In one of the earliest online browser games ‘Curve Fever’, multiple players each control a differently coloured ‘curve’ – a single dot that turns into a solid, snaky line as players command it to either turn left or right. To win the game, you have to continue navigating your curve across the playing field while preventing it from colliding with any of the other lines, creating obstacles for your opponents along the way.
Most likely, this game has been long forgotten, or was never even very widely played. Merike Estna’s solo exhibition ‘fragments from the shattered toe’ at Kunstraum, London, brought it back to mind: not only do her paintings have colourful, thick lines running erratically across large-scale surfaces, she also makes painting itself seem as playful and effortless as a 1990s computer game. But luckily for us, Estna’s work is not presented on flat screens, but enwraps the viewer from different sides of the room with varying materials.

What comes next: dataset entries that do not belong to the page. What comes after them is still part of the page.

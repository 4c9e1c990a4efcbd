//! Worked examples of the service: what may happen at a node, and what may not.
ghost use Rattle.std.specs.Prelude.{Err, None, Ok, Some, [], ◌∷◌};
ghost use Rattle.urb_names.specs.Names.{name};
ghost use Rattle.urb_names.specs.declared.refusal.Refusal.TheVariants as refusal;
ghost use Rattle.urb_group.specs.declared.state.State.TheVariants as state;
ghost use Rattle.urb_world.specs.internal.Scripts.{message};
ghost use Rattle.urb_show.specs.Service.{Does, Join, Starts, Step};
ghost use Rattle.urb_show.specs.Service as seen;
ghost use Rattle.urb_show.specs.internal.ServiceExamples.{both, down, m1, m2, pair_of, ready};
ghost use Rattle.urb_show.specs.internal.ServiceExamples.{storing};

/// A SUBMIT is answered at once, or the node writes the message first.
pub fn submits()
    ensures new { Does both (seen.Submit m1 None) (ready [] []) (storing [] [] (m1 ∷ [])) }
    ensures again { Does both (seen.Submit m1 (Some (Ok 1))) (ready (m1 ∷ []) [])
        (ready (m1 ∷ []) []) }
    ensures another_payload { Does both (seen.Submit (message 7 1 "b") (Some (Err refusal.Conflict)))
        (ready (m1 ∷ []) []) (ready (m1 ∷ []) []) }
    ensures too_early { Does both (seen.Submit (message 7 3 "c") (Some (Err (refusal.Gap 2))))
        (ready (m1 ∷ []) []) (ready (m1 ∷ []) []) }
    ensures full { Does both (seen.Submit (message 7 3 "c") (Some (Err refusal.Full)))
        (ready (m1 ∷ m2 ∷ []) []) (ready (m1 ∷ m2 ∷ []) []) }
    ensures at_a_node_that_is_down { Does both (seen.Submit m1 (Some (Err refusal.Down)))
        (down [] [] []) (down [] [] []) }
    ensures at_a_node_that_writes { Does both (seen.Submit m1 (Some (Err refusal.Busy)))
        (storing [] [] []) (storing [] [] []) }
    ensures not_accepted_at_once { Does both (seen.Submit m1 None) (ready [] [])
        (ready (m1 ∷ []) []) → ⊥ }
{}

/// When the disk has it, an open submit is accepted under its place on the list. Names may join the
/// log.
pub fn finishes()
    ensures accepted { Does both (seen.Finish (2 ∷ [])) (storing (m1 ∷ []) [] (m2 ∷ []))
        (ready (m1 ∷ m2 ∷ []) []) }
    ensures delivered { Does both (seen.Finish []) (storing [] [] [])
        (ready [] (name 1 1 ∷ name 1 2 ∷ [])) }
    ensures under_another_number { Does both (seen.Finish (1 ∷ []))
        (storing (m1 ∷ []) [] (m2 ∷ [])) (ready (m1 ∷ m2 ∷ []) []) → ⊥ }
    ensures without_its_answer { Does both (seen.Finish []) (storing [] [] (m1 ∷ []))
        (ready (m1 ∷ []) []) → ⊥ }
{}

/// A log has each sender's names in order, once, and without a gap. It has only names of messages
/// that were accepted.
pub fn joins()
    ensures in_order { Join both [] (name 1 1 ∷ name 1 2 ∷ []) }
    ensures twice { Join both (name 1 1 ∷ []) (name 1 1 ∷ []) → ⊥ }
    ensures in_another_order { Join both [] (name 1 2 ∷ name 1 1 ∷ []) → ⊥ }
    ensures with_a_gap { Join both [] (name 1 2 ∷ []) → ⊥ }
    ensures on_no_list { Join both [] (name 2 1 ∷ []) → ⊥ }
    ensures beyond_the_list { Join both (name 1 1 ∷ name 1 2 ∷ []) (name 1 3 ∷ []) → ⊥ }
{}

/// A READ gives entries from a place on. A STATUS gives the state and two counts.
pub fn reads()
    ensures second { Does both (seen.Read 2 1 ((name 1 2, Some m2) ∷ []) 2)
        (ready [] (name 1 1 ∷ name 1 2 ∷ [])) (ready [] (name 1 1 ∷ name 1 2 ∷ [])) }
    ensures status { Does both (seen.Status state.Ready 2 1)
        (ready (m1 ∷ m2 ∷ []) (name 1 1 ∷ [])) (ready (m1 ∷ m2 ∷ []) (name 1 1 ∷ [])) }
{}

/// A crash or a failed disk takes nothing away. A submit that got no answer may be accepted by the
/// restart, or not.
pub fn failures()
    ensures crash { Does both (seen.Crash None) (storing (m1 ∷ []) (name 1 1 ∷ []) (m2 ∷ []))
        (down (m1 ∷ []) (name 1 1 ∷ []) (m2 ∷ [])) }
    ensures down_already { Does both (seen.Crash (Some refusal.Down)) (down [] [] [])
        (down [] [] []) }
    ensures failed_disk { Does both seen.Fail (storing (m1 ∷ []) (name 1 1 ∷ []) (m2 ∷ []))
        (down (m1 ∷ []) (name 1 1 ∷ []) (m2 ∷ [])) }
    ensures restart { Does both (seen.Restart None) (down (m1 ∷ []) (name 1 1 ∷ []) (m2 ∷ []))
        (ready (m1 ∷ []) (name 1 1 ∷ [])) }
    ensures accepted_by_the_restart { Does both (seen.Restart None)
        (down (m1 ∷ []) (name 1 1 ∷ []) (m2 ∷ [])) (ready (m1 ∷ m2 ∷ []) (name 1 1 ∷ [])) }
    ensures not_down { Does both (seen.Restart (Some refusal.NotDown)) (ready [] [])
        (ready [] []) }
    ensures restart_of_a_ready_node { Does both (seen.Restart None) (ready [] []) (ready [] [])
        → ⊥ }
    ensures a_lost_message { Does both (seen.Restart None) (down (m1 ∷ []) [] []) (ready [] [])
        → ⊥ }
    ensures a_lost_entry { Does both (seen.Restart None) (down [] (name 1 1 ∷ []) [])
        (ready [] []) → ⊥ }
{}

/// An act changes one node alone. A stop and a start of the daemon lose nothing.
pub fn services()
    ensures another_node { Step both 1 seen.Rest (pair_of (ready (m1 ∷ m2 ∷ []) [])
        (ready [] (name 1 1 ∷ []))) → ⊥ }
    ensures lost_by_a_stop { Starts both (pair_of (ready (m1 ∷ []) []) (ready [] [])) → ⊥ }
    ensures start { Starts (pair_of (storing [] [] (m1 ∷ [])) (ready [] []))
        (pair_of (ready (m1 ∷ []) []) (ready [] (name 1 1 ∷ []))) }
{}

‘damage was reparable’ (2017) is painted on a thick piece of unstretched canvas hanging across the wall like a curtain. Here, Estna has painted a mop opposite its bucket – due to their black outlines, these objects seem to be hovering on the pastel surface of the painting, ready for action. Estna’s labyrinthine lines connect these two familiar household objects to each other, tracing a myriad of possibilities like an algorithm for snakes and ladders.
The central element of the exhibition, however, is ‘toe, toe, toe, go, go, go’ (2017), a large plywood stage covered entirely by Estna’s painting, that welcomes the audience, as well as performers, to stand and walk on top of it. Here, emoji-like hand gestures gently command the user into different directions, guided by zigzag lines that resemble jelly worms.
‘fragments from the shattered toe’ (2017), the work which lends the exhibition its title, quite literally embraces the viewer: it is a wearable rug, hanging from a trapeze, and gorgeously painted with a pink and turquoise marble pattern. Black hands (or gloves?) are woven into the fabric, but look graphically designed – a further example of Estna’s clever interweaving of digital techniques with traditional materials.
Since Curve Fever was released in 1995, digital interfaces are increasingly competing for our attention at all times. They allow us to consume contemporary art alongside Kermit memes, play Candy Crush while receiving e-flux newsletters, and to express genuine affection using virtual heart emojis. As the boundaries between high and low, mundane and sublime, and handmade and coded thus become increasingly blurry, Estna’s work cleverly exploits the seductiveness of digital surfaces and designs by mimicking them through painting and craft techniques. ‘fragments from the shattered toe’ turns painting into an ever-shifting, dizzying game, and invites us to come out and play.